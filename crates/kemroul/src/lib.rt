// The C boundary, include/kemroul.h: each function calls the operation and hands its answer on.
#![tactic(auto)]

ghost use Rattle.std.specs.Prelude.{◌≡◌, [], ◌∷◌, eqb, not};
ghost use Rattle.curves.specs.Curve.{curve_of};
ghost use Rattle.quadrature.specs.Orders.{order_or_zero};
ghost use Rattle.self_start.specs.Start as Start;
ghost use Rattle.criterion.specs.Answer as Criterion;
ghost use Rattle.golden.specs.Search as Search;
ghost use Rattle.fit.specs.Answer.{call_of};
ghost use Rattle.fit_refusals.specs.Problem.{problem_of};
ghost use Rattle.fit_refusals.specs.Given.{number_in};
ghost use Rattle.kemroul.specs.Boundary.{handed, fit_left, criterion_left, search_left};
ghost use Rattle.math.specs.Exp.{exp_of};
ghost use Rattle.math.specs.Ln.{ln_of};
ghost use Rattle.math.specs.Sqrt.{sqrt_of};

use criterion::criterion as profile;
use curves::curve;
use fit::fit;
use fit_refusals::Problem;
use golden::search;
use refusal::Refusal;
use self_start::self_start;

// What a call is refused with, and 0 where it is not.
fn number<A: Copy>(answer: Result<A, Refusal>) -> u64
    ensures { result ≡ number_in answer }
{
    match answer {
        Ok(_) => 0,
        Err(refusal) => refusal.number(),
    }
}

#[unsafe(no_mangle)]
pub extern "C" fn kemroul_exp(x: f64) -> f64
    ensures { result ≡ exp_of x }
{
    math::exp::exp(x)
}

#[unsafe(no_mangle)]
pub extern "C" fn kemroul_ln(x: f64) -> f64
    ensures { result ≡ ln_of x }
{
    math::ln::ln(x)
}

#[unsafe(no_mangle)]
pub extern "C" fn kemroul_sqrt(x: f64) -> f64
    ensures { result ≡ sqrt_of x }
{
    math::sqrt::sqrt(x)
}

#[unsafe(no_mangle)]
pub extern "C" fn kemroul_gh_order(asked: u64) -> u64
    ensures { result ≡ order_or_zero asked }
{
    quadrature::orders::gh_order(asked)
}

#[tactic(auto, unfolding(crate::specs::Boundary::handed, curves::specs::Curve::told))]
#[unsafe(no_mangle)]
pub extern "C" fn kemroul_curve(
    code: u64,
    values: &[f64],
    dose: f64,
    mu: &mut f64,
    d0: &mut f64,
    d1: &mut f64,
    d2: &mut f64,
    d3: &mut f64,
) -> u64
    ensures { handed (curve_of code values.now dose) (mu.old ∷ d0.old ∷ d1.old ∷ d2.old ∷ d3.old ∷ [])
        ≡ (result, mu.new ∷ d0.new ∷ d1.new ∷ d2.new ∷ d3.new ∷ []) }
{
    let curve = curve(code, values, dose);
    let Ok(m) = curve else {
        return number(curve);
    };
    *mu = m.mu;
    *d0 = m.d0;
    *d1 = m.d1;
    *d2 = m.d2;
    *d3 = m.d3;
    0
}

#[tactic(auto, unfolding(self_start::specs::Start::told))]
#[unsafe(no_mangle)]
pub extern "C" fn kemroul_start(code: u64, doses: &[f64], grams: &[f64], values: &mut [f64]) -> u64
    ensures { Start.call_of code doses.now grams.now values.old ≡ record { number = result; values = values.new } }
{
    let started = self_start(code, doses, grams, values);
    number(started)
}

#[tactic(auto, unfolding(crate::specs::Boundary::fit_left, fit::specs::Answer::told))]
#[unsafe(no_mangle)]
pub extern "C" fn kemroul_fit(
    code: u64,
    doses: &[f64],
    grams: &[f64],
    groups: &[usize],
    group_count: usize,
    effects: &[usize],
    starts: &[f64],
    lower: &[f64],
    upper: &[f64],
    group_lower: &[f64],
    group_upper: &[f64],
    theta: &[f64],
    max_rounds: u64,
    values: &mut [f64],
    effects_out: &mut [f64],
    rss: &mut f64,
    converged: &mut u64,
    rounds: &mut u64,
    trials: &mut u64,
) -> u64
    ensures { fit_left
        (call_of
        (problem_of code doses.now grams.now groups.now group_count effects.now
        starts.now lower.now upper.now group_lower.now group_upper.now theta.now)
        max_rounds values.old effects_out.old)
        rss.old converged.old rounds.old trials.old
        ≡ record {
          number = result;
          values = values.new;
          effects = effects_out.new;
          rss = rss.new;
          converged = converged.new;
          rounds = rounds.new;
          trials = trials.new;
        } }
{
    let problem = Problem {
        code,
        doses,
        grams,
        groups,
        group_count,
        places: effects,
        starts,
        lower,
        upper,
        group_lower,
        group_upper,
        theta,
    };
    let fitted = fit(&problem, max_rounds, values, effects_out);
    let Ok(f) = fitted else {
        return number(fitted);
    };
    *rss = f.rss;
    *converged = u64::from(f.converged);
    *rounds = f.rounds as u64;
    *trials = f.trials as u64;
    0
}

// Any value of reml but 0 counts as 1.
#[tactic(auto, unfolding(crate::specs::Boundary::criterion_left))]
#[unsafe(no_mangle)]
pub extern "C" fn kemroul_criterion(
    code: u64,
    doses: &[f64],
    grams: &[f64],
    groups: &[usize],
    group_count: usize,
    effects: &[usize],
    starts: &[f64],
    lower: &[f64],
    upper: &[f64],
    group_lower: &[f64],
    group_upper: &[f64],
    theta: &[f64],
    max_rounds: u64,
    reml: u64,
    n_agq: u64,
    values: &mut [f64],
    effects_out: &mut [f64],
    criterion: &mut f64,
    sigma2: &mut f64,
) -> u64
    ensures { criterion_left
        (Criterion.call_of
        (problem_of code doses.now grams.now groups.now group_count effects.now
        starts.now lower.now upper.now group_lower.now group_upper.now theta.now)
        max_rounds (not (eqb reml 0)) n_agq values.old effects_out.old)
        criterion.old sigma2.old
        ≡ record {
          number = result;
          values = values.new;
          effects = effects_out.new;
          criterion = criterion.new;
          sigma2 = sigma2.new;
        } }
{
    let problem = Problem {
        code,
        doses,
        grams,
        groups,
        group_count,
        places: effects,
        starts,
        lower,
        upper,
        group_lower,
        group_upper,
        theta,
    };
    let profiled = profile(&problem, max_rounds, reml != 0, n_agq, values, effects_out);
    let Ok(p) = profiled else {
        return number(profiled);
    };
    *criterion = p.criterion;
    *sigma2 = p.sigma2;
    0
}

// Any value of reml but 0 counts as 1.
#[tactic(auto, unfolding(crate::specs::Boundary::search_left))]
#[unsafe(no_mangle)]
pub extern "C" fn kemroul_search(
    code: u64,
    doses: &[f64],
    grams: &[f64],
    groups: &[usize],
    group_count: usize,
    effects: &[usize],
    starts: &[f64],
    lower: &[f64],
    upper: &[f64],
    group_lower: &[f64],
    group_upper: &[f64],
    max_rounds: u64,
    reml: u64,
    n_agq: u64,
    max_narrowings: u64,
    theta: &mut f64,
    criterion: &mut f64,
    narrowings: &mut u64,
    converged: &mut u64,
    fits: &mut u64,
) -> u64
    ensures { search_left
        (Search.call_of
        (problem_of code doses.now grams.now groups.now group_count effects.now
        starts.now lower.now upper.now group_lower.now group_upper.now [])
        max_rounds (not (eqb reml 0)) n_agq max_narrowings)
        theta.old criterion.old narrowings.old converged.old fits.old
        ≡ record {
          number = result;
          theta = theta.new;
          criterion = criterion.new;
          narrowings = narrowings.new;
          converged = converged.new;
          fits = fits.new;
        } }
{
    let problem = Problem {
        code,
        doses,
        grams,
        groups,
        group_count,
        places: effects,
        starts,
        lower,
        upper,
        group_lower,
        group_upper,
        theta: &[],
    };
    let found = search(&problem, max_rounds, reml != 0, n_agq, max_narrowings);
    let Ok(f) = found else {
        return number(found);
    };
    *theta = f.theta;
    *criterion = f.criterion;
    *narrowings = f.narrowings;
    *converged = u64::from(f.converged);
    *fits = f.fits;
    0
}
* * * * *
Within the records, tally every line that contains the word "return". Only the resulting number should be given.

• EXERCISE RESULT:
4